▶ [About this task] Give back, exactly and with nothing added, the lines that run from the one containing "let Some(wanted) = first_literal(req, place" to the final line below.
#### Information provided ####
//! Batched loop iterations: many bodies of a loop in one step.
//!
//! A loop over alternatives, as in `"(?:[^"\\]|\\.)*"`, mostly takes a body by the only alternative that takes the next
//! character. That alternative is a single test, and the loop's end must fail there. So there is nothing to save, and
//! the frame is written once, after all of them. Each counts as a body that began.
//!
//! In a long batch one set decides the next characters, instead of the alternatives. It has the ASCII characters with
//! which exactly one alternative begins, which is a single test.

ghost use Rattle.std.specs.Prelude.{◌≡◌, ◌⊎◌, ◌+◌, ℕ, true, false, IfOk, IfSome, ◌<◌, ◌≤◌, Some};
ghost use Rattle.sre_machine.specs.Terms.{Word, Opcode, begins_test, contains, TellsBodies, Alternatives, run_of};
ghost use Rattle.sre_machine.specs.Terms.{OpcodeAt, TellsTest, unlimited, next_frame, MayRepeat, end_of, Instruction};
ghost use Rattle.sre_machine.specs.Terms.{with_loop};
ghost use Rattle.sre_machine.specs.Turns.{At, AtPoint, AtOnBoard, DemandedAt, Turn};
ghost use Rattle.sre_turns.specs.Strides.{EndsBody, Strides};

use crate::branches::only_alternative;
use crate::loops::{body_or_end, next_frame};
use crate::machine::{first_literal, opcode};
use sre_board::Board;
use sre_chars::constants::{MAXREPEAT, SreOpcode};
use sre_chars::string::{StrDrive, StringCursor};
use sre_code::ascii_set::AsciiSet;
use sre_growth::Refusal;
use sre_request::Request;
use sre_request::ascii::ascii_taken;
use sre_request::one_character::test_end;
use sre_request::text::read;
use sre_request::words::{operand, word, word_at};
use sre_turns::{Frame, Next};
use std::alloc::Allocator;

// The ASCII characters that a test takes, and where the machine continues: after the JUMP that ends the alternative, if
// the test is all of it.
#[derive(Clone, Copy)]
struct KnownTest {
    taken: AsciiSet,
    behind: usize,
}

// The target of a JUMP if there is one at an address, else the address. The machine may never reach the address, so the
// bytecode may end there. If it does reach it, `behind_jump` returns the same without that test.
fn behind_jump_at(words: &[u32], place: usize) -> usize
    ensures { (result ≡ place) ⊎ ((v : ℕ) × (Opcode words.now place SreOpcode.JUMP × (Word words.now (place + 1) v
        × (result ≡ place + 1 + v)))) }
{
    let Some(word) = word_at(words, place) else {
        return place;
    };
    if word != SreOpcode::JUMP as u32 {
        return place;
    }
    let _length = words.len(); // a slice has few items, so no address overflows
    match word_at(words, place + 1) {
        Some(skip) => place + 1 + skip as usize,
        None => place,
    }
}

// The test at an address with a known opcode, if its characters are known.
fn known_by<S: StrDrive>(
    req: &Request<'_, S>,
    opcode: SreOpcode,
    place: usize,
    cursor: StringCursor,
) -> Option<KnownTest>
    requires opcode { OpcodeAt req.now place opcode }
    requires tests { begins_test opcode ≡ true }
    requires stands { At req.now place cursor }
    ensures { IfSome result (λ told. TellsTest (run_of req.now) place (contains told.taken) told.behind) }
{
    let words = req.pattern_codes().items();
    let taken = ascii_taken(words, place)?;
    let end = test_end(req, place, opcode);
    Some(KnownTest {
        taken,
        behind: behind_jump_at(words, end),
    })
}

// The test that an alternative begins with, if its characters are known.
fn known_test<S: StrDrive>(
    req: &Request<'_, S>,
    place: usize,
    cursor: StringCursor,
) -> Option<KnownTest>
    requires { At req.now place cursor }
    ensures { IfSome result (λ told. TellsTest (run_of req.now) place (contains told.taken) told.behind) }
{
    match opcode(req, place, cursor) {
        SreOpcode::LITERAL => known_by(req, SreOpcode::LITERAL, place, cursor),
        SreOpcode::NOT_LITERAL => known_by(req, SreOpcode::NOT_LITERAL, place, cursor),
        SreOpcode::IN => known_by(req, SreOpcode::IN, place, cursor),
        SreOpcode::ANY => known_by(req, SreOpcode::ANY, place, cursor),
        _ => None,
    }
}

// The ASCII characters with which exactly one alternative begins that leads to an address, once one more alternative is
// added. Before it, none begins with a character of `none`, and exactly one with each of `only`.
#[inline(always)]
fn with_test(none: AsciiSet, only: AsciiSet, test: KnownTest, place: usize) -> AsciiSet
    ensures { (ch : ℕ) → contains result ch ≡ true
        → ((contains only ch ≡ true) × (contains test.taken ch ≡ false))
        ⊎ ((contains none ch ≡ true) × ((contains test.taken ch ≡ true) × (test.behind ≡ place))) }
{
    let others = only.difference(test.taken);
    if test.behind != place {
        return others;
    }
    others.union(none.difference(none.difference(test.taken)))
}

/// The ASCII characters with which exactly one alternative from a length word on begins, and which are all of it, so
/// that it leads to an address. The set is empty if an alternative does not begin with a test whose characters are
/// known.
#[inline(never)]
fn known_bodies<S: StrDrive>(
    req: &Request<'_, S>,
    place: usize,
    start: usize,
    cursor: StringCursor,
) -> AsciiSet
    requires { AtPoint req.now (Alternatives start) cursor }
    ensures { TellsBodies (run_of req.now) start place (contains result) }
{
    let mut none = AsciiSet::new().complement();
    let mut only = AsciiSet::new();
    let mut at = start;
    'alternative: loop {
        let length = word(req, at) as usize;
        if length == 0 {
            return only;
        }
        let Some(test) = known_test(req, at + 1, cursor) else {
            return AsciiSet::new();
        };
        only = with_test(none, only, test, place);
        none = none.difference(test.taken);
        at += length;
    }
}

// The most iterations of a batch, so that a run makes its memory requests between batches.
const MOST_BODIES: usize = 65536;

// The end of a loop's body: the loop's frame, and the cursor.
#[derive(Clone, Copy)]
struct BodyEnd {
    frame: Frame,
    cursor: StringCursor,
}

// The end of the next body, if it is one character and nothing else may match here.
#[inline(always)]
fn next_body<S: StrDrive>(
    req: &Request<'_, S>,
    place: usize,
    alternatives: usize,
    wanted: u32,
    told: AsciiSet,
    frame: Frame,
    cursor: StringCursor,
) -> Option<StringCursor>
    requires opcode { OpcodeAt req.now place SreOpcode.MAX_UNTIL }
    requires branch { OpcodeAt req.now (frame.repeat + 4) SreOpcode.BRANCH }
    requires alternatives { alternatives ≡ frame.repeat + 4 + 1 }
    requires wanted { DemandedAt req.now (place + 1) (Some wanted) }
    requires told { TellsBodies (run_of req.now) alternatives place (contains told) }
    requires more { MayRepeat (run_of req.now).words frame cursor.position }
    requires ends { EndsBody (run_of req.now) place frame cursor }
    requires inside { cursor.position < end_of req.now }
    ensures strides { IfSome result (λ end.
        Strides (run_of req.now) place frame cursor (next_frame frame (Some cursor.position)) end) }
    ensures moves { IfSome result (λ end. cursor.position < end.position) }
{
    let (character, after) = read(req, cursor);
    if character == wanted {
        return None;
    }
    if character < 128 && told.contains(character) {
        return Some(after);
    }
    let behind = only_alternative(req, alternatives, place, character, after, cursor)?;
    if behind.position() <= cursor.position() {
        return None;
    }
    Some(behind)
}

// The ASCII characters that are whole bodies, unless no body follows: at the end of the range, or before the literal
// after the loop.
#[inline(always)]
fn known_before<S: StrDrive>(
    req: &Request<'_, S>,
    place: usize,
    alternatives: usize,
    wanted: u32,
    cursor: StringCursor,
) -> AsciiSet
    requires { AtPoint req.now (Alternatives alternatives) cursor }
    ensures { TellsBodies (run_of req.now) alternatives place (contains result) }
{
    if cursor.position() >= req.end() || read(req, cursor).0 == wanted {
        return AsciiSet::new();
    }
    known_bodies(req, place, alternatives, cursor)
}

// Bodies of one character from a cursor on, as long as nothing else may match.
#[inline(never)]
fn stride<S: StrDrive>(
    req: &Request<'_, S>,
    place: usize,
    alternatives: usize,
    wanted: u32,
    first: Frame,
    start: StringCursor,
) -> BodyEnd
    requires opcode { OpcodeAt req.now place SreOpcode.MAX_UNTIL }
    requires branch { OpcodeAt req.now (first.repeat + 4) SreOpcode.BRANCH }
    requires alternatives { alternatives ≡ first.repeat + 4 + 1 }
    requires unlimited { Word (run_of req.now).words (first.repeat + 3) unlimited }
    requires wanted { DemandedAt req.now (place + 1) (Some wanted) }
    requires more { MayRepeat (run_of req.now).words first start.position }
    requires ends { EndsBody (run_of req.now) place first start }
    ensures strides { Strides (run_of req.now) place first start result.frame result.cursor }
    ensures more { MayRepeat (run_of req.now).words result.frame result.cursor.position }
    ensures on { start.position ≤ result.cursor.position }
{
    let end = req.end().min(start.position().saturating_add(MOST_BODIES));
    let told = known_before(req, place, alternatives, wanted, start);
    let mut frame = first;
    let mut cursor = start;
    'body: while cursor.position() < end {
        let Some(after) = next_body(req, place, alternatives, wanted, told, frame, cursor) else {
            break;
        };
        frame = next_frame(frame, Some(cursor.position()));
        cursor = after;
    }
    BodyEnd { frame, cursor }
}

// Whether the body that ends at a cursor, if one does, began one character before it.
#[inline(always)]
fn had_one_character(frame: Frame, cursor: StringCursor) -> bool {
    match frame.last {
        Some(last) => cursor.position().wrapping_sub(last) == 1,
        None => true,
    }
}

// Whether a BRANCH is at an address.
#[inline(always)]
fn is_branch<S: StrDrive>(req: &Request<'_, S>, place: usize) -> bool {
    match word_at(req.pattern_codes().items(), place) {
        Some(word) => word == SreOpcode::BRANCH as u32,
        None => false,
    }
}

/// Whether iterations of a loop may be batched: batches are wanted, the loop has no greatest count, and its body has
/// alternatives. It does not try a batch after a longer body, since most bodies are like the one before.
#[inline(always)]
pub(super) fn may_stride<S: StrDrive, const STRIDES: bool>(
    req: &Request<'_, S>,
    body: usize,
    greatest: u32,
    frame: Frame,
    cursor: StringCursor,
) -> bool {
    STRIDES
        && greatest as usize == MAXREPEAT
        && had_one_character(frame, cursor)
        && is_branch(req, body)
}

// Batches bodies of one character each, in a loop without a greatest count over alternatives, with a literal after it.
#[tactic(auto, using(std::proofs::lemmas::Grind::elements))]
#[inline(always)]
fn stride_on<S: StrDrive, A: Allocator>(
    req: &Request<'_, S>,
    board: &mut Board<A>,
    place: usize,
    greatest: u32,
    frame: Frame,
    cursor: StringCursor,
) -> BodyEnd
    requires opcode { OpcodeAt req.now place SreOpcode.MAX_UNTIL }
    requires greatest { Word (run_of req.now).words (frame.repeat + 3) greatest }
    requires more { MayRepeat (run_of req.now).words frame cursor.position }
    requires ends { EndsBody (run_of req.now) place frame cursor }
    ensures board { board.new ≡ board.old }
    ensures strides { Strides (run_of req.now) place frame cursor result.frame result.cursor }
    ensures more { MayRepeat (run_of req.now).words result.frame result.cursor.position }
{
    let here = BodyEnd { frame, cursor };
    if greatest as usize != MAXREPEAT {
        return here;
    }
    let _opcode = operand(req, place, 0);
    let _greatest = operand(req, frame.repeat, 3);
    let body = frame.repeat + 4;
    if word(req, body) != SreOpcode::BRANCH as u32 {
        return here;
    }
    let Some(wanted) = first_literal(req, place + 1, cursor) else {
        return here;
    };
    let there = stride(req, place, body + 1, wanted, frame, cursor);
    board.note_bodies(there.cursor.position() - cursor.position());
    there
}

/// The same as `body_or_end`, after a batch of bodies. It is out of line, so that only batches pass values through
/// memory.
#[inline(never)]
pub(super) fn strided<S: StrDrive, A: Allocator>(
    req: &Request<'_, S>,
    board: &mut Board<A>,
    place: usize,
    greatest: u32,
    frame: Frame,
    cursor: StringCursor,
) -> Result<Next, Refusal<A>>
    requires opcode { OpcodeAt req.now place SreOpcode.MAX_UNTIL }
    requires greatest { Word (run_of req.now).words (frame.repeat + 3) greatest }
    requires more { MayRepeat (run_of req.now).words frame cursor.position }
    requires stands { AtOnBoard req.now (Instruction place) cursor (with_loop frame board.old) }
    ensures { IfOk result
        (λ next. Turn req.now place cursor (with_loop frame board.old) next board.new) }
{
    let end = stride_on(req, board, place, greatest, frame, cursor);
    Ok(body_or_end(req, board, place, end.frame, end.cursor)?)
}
####
▶ [Answer box]
    let Some(wanted) = first_literal(req, place + 1, cursor) else {
        return here;
    };
    let there = stride(req, place, body + 1, wanted, frame, cursor);
    board.note_bodies(there.cursor.position() - cursor.position());
    there
}

/// The same as `body_or_end`, after a batch of bodies. It is out of line, so that only batches pass values through
/// memory.
#[inline(never)]
pub(super) fn strided<S: StrDrive, A: Allocator>(
    req: &Request<'_, S>,
    board: &mut Board<A>,
    place: usize,
    greatest: u32,
    frame: Frame,
    cursor: StringCursor,
) -> Result<Next, Refusal<A>>
    requires opcode { OpcodeAt req.now place SreOpcode.MAX_UNTIL }
    requires greatest { Word (run_of req.now).words (frame.repeat + 3) greatest }
    requires more { MayRepeat (run_of req.now).words frame cursor.position }
    requires stands { AtOnBoard req.now (Instruction place) cursor (with_loop frame board.old) }
    ensures { IfOk result
        (λ next. Turn req.now place cursor (with_loop frame board.old) next board.new) }
{
    let end = stride_on(req, board, place, greatest, frame, cursor);
    Ok(body_or_end(req, board, place, end.frame, end.cursor)?)
}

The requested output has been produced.